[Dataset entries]
Content starts

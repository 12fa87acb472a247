// One reply into a part of a buffer that has a pattern, and what it leaves of it.
use console_replies::Shown;
use console_text::shown::Refused;
use console_text::words::back;
use key_index::KeyIndex;
use refusal::Refusal;
use reply::{Lent, Messages};
use routing_table::RoutingTable;
use std::{array, io};

// How many bytes the buffer has.
const BUFFER: usize = 1024;

// What a request is made of: the index, the table, whether our own record and content are lent, and how many bytes of the buffer.
#[derive(Clone, Copy)]
pub struct Setting {
    pub index: KeyIndex,
    pub table: RoutingTable,
    pub lent: bool,
    pub room: usize,
}

// The index and the table, with all that can be lent.
pub fn all_lent(index: KeyIndex, table: RoutingTable) -> Setting {
    Setting {
        index,
        table,
        lent: true,
        room: BUFFER,
    }
}

// Prints a name and the answer to a message: each message as a word, or the refusal; whether there is another length, and whether all else
// of the buffer is as it was.
pub fn show(rt: &impl Print, name: &str, setting: &Setting, message: &[u8]) -> io::Result<()> {
    let mut buffer = pattern();
    let made = made(setting, message, &mut buffer);
    print!(rt; "{name}")?;
    match made {
        Ok(made) => {
            let (lens, others) = parts(&made);
            let messages = Shown {
                bytes: &buffer,
                lens,
            };
            println!(rt;
                "reply{messages}{}{}",
                lengths(others),
                left(&buffer, total(lens))
            )
        }
        Err(why) => println!(rt; "{}{}{}", Refused(why), lengths(&[]), left(&buffer, 0)),
    }
}

// Bytes from 0 to 250, over and over.
fn pattern() -> [u8; BUFFER] {
    array::from_fn(|i| (i % 251) as u8)
}

fn made(setting: &Setting, message: &[u8], buffer: &mut [u8]) -> Result<Messages, Refusal> {
    let lent = if setting.lent {
        Lent {
            own: b"own",
            content: b"content",
            connection: [0; 4],
        }
    } else {
        Lent {
            own: b"",
            content: b"",
            connection: [0; 4],
        }
    };
    let room = setting.room.min(buffer.len());
    reply::reply(
        &setting.index,
        &setting.table,
        lent,
        message,
        &mut buffer[..room],
    )
}

// The lengths of the messages, and those behind them.
fn parts(made: &Messages) -> (&[usize], &[usize]) {
    made.lens.split_at_checked(made.count).unwrap_or((&[], &[]))
}

// The bytes of all messages.
fn total(lens: &[usize]) -> usize {
    lens.iter()
        .fold(0usize, |size, len| size.saturating_add(*len))
}

// Whether all lengths behind those of the messages are zero.
fn lengths(others: &[usize]) -> &'static str {
    if others.iter().all(|len| *len == 0) {
        ", no other length"
    } else {
        ", another length"
    }
}

// What stands behind the bytes that were written.
fn left(buffer: &[u8], size: usize) -> &'static str {
    let before = pattern();
    if back(buffer, size) == back(&before, size) {
        ", all else as it was"
    } else {
        ", another buffer"
    }
}
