//! Tests of what is rendered: filters, states, and templates from their text to the rendered text.
#![tactic(auto)]

#[cfg(test)]
mod deep;
#[cfg(test)]
mod filters;
#[cfg(test)]
mod functions;
#[cfg(test)]
mod lists;
#[cfg(test)]
mod shown;
#[cfg(test)]
mod states;
#[cfg(test)]
mod texts;
#[cfg(test)]
mod triggers;
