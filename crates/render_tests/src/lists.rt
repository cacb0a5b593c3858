//! Lists in brackets, and how many values they may have.
use crate::shown;
use ha_sight::Env;
use state_table::StateTable;
use std::alloc::{AllocError, Global};

/// A text in which `a`, which is none at first, becomes the list of itself twice, so many times; then another text.
fn doubled(alloc: Global, count: usize, behind: &[u8]) -> Result<Vec<u8>, AllocError> {
    let mut all = Vec::new(alloc);
    for _i in 0..count {
        all.extend_from_slice(b"{%set a=[a,a]%}")?;
    }
    all.extend_from_slice(behind)?;
    Ok(all)
}

/// Whether the text behind `a`, which was doubled so many times, gives this text, or is a fault where none is wanted.
fn gives(alloc: Global, count: usize, behind: &[u8], wanted: Option<&str>) -> bool {
    let Ok(text) = doubled(alloc, count, behind) else {
        return false;
    };
    let states = StateTable::make(alloc);
    match wanted {
        Some(wanted) => shown::gives(alloc, &states, &Env::none(alloc), text.as_slice(), wanted),
        None => shown::faults(alloc, &states, &Env::none(alloc), text.as_slice()),
    }
}

/// Whether it is so with each of them.
fn all_give(alloc: Global, rows: &[(usize, &[u8], Option<&str>)]) -> bool {
    for row in rows {
        if !gives(alloc, row.0, row.1, row.2) {
            return false;
        }
    }
    true
}

/// A list of two values of size s has 2 s values, and the size 2 s + 1: after 14 times `a` has the size 32,767.
#[test]
fn a_list_has_65_536_values(rt: HostRuntime) {
    assert!(rt;
        all_give(
            rt.alloc(),
            &[
                (14, b"{{[a,a,1,2]|length}}", Some("4")),
                (14, b"{{[a,a,1,2,3]|length}}", None),
            ]
        )
    );
}

/// Fifteen times gives 65,534 values, sixteen times would give 131,070.
#[test]
fn a_list_is_not_doubled_again_and_again(rt: HostRuntime) {
    assert!(rt;
        all_give(
            rt.alloc(),
            &[
                (15, b"{{a|length}}", Some("2")),
                (16, b"on", None),
                (40, b"on", None),
            ]
        )
    );
}
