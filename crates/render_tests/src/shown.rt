//! What templates render as, and entities by their ids.
use ha_sight::{Env, TplFault};
use ha_value::{EntityId, Value};
use state_table::StateTable;
use std::alloc::{AllocError, Global};
use tpl_eval::render;
use tpl_parse::parse;

/// The entity of an id.
pub fn entity(alloc: Global, id: &str) -> Result<EntityId, AllocError> {
    match EntityId::read(alloc, id.as_bytes()) {
        Ok(entity) => Ok(entity),
        Err(_) => Err(AllocError),
    }
}

/// What a text of at most 16,384 bytes is rendered as over these states, with these names, where it is a template.
fn rendered(
    alloc: Global,
    states: &StateTable,
    env: &Env,
    text: &[u8],
) -> Option<Result<Value, TplFault>> {
    if 16_384 < text.len() {
        return None;
    }
    match parse(alloc, text) {
        Ok(template) => Some(render(alloc, &template, states, env)),
        Err(_) => None,
    }
}

/// Whether the text is a template that renders as the other text.
pub fn gives(alloc: Global, states: &StateTable, env: &Env, text: &[u8], wanted: &str) -> bool {
    match rendered(alloc, states, env, text) {
        Some(Ok(Value::Text(found))) => found.as_str() == wanted,
        _ => false,
    }
}

/// Whether each of these texts does.
pub fn all_give(alloc: Global, states: &StateTable, env: &Env, rows: &[(&str, &str)]) -> bool {
    for row in rows {
        if !gives(alloc, states, env, row.0.as_bytes(), row.1) {
            return false;
        }
    }
    true
}

/// Whether the text is a template whose meaning is a fault.
pub fn faults(alloc: Global, states: &StateTable, env: &Env, text: &[u8]) -> bool {
    matches!(
        rendered(alloc, states, env, text),
        Some(Err(TplFault::Fault))
    )
}
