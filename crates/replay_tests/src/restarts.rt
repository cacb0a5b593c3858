//! Traces over a restart: its `again`, and what goes on behind it.
use crate::judged::{are_fronts_refused, is_given};
use crate::traces::{BOOT, HOME, SECOND, STEPS};

const RESTART: &str = "{\"source\":0,\"number\":0,\"cmd\":{\"restart\":true}}\n";

const AGAIN: &str = "{\"again\":1}\n";

/// Behind a restart its `again` stands. Each front of the trace is refused, that behind the line of the restart too.
#[test]
fn a_restart_with_its_again(rt: HostRuntime) {
    let parts = [BOOT, RESTART, AGAIN, SECOND, "{\"end\":4}\n"];
    assert!(rt;
        is_given(rt.alloc(), &parts, (0, "", ""))
            && are_fronts_refused(rt.alloc(), &parts).unwrap_or(false)
    );
}

/// It is missing, or of another number.
#[test]
fn a_restart_without_its_again(rt: HostRuntime) {
    let wanted = (11, "", "hearth: trace line 3: T\n");
    assert!(rt;
        is_given(
            rt.alloc(),
            &[BOOT, RESTART, SECOND, "{\"end\":3}\n"],
            wanted
        ) && is_given(rt.alloc(), &[BOOT, RESTART, "{\"end\":2}\n"], wanted)
            && is_given(
                rt.alloc(),
                &[BOOT, RESTART, "{\"again\":2}\n", SECOND, "{\"end\":4}\n"],
                wanted
            )
    );
}

/// It stands twice, or behind no restart.
#[test]
fn an_again_that_is_not_due(rt: HostRuntime) {
    assert!(rt;
        is_given(
            rt.alloc(),
            &[BOOT, RESTART, AGAIN, AGAIN, SECOND, "{\"end\":5}\n"],
            (11, "", "hearth: trace line 4: T\n")
        ) && is_given(
            rt.alloc(),
            &[BOOT, AGAIN, "{\"end\":2}\n"],
            (11, "", "hearth: trace line 2: T\n")
        )
    );
}

/// A source that is over, which has no line in the second segment.
const LOST: &str = "{\"source\":1,\"number\":0,\"cmd\":{\"lost\":true}}\n";

const LOST_AGAIN: &str = "{\"source\":1,\"number\":1,\"cmd\":{\"lost\":true}}\n";

/// It stays over, whatever the number of its line.
#[test]
fn a_source_that_was_lost_before_a_restart(rt: HostRuntime) {
    let lost = "source 1 line 0: lost\n";
    let refused = "source 1 line 0: lost\nhearth: trace line 5: T\n";
    let end = "{\"end\":5}\n";
    assert!(rt;
        is_given(
            rt.alloc(),
            &[BOOT, LOST, RESTART, AGAIN, SECOND, end],
            (0, "", lost)
        ) && is_given(
            rt.alloc(),
            &[BOOT, LOST, RESTART, AGAIN, LOST_AGAIN, end],
            (11, "", refused)
        ) && is_given(
            rt.alloc(),
            &[BOOT, LOST, RESTART, AGAIN, LOST, end],
            (11, "", refused)
        )
    );
}

/// The home is restarted in the delay of its first run, and a second one begins.
const OVER: &str =
    "{\"source\":0,\"number\":1,\"cmd\":{\"restart\":true}}\n{\"again\":1}\n{\"source\":0,\"number\":2,\"cmd\":{\"event\":\"go\",\"data\":{}}}\n";

const SECOND_STEPS: &str =
    "{\"worker\":0,\"run\":2,\"branch\":[],\"item\":{\"call\":{\"service\":\"notify.x\",\"target\":[],\"data\":{}}}}\n{\"worker\":0,\"run\":2,\"branch\":[],\"item\":{\"nothing\":true}}\n";

const SECOND_LAST: &str =
    "{\"source\":1,\"number\":0,\"cmd\":{\"moment\":\"2024-05-01T20:00:01.000Z\"}}\n{\"worker\":1,\"run\":2,\"branch\":[],\"item\":{\"nothing\":true}}\n{\"worker\":1,\"run\":2,\"branch\":[],\"item\":{\"call\":{\"service\":\"notify.y\",\"target\":[],\"data\":{}}}}\n{\"end\":12}\n";

/// Runs are counted over all segments.
#[test]
fn a_run_behind_a_restart(rt: HostRuntime) {
    let first =
        "{\"run\":\"a\",\"number\":1,\"call\":1,\"service\":\"notify.x\",\"target\":[],\"data\":{}}\n";
    let calls =
        "{\"run\":\"a\",\"number\":1,\"call\":1,\"service\":\"notify.x\",\"target\":[],\"data\":{}}\n{\"run\":\"a\",\"number\":2,\"call\":1,\"service\":\"notify.x\",\"target\":[],\"data\":{}}\n{\"run\":\"a\",\"number\":2,\"call\":2,\"service\":\"notify.y\",\"target\":[],\"data\":{}}\n";
    assert!(rt;
        is_given(
            rt.alloc(),
            &[HOME, STEPS, OVER, SECOND_STEPS, SECOND_LAST],
            (0, calls, "")
        ) && is_given(
            rt.alloc(),
            &[HOME, STEPS, OVER, STEPS, SECOND_LAST],
            (11, first, "hearth: trace line 8: T\n")
        )
    );
}
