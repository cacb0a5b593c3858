//! Functions that ask states, and operators on lists and maps.
use crate::shown::{all_give, entity};
use ha_clock::Moment;
use ha_sight::Env;
use ha_value::{Many, Num, Plain, Value, Word, push_text, push_value};
use state_table::StateTable;
use std::alloc::{AllocError, Global};
use tpl_eval::function;

/// Adds a text to a list.
fn push(alloc: Global, items: &mut Many<Value>, text: &str) -> Result<(), AllocError> {
    let word = Word::from_str(alloc, text)?;
    items.push(Value::Text(word))?;
    Ok(())
}

/// The list `[3, "on"]`.
fn list(alloc: Global) -> Result<Many<Value>, AllocError> {
    let mut items = Many::make(alloc);
    items.push(Value::Number(Num::Whole(3)))?;
    push(alloc, &mut items, "on")?;
    Ok(items)
}

/// The level 7.
fn level(alloc: Global) -> Result<Many<(Word, Value)>, AllocError> {
    let mut pairs = Many::make(alloc);
    push_value(alloc, &mut pairs, "level", Value::Number(Num::Whole(7)))?;
    Ok(pairs)
}

/// A table in which `light.x` is on, at the level 7.
fn lit(alloc: Global) -> Result<StateTable, AllocError> {
    let lamp = entity(alloc, "light.x")?;
    let on = Word::from_str(alloc, "on")?;
    let attributes = level(alloc)?;
    let mut table = StateTable::make(alloc);
    table.report(
        alloc,
        &lamp,
        &on,
        &attributes,
        Moment::at(1_714_593_600_000),
    )?;
    Ok(table)
}

/// An id and the list `[3, "on"]`.
fn args(alloc: Global, id: &str) -> Result<Many<Value>, AllocError> {
    let mut all = Many::make(alloc);
    push(alloc, &mut all, id)?;
    let list = list(alloc)?;
    all.push(Value::Items(list))?;
    Ok(all)
}

/// Whether `is_state` of the entity and that list is true.
fn is_on(alloc: Global, table: &StateTable, id: &str) -> bool {
    match args(alloc, id) {
        Ok(args) => match function(alloc, 3, args.as_slice(), table) {
            Ok(value) => value.same(&Value::Flag(true)),
            Err(_) => false,
        },
        Err(_) => false,
    }
}

/// Whether each of these ids is that of an entity that is on, or is not, as is said, where `light.x` is on.
fn are_on(alloc: Global, rows: &[(&str, bool)]) -> bool {
    let Ok(table) = lit(alloc) else {
        return false;
    };
    for row in rows {
        if is_on(alloc, &table, row.0) != row.1 {
            return false;
        }
    }
    true
}

#[test]
fn states_are_asked(rt: HostRuntime) {
    assert!(rt;
        are_on(
            rt.alloc(),
            &[("light.x", true), ("light.y", false), ("light", false)]
        )
    );
}

/// The map from `room` to `hall`.
fn rooms(alloc: Global) -> Result<Many<(Word, Value)>, AllocError> {
    let mut pairs = Many::make(alloc);
    push_text(alloc, &mut pairs, "room", "hall")?;
    Ok(pairs)
}

/// The name `home`, which stands for that map.
fn home(alloc: Global) -> Result<Env, AllocError> {
    let rooms = rooms(alloc)?;
    let mut pairs = Many::make(alloc);
    push_value(alloc, &mut pairs, "home", Value::Pairs(rooms))?;
    Ok(Env::of_pairs(pairs))
}

/// Whether each text is a template that renders as the other text, where `home` is that map and `light.x` is on.
fn give(alloc: Global, rows: &[(&str, &str)]) -> bool {
    match (home(alloc), lit(alloc)) {
        (Ok(env), Ok(states)) => all_give(alloc, &states, &env, rows),
        _ => false,
    }
}

#[test]
fn texts_lists_and_maps_are_asked(rt: HostRuntime) {
    assert!(rt;
        give(
            rt.alloc(),
            &[
                ("{{ 'on' in [3, 'on'] }}", "True"),
                ("{{ 'room' in home }}", "True"),
                (
                    "{% set home = home.room %}{% set home = home ~ '!' %}{{ home }}",
                    "hall!"
                ),
                ("{{ 'hall' in home }}", "False"),
                ("{{ [3, 'on'][-2] }}", "3"),
                ("{{ [3, 'on'][-1] }}", "on"),
                ("{{ home.room }}", "hall"),
            ]
        )
    );
}

#[test]
fn each_function_of_states_once(rt: HostRuntime) {
    assert!(rt;
        give(
            rt.alloc(),
            &[
                ("{{ states('light.x') }}", "on"),
                ("{{ states('light.y') }}", "unknown"),
                ("{{ state_attr('light.x', 'level') }}", "7"),
                ("{{ state_attr('light.x', 'color') is none }}", "True"),
                ("{{ is_state('light.x', 'on') }}", "True"),
                ("{{ is_state('light.x', 'off') }}", "False"),
                ("{{ is_state_attr('light.x', 'level', 7) }}", "True"),
                ("{{ is_state_attr('light.x', 'level', '7') }}", "False"),
                ("{{ has_value('light.x') }}", "True"),
                ("{{ has_value('light.y') }}", "False"),
            ]
        )
    );
}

Content ends

*Aim of the task*
The answer must be a single number: how many lines in the data contain the string "those"?

*Answer for this exercise*
2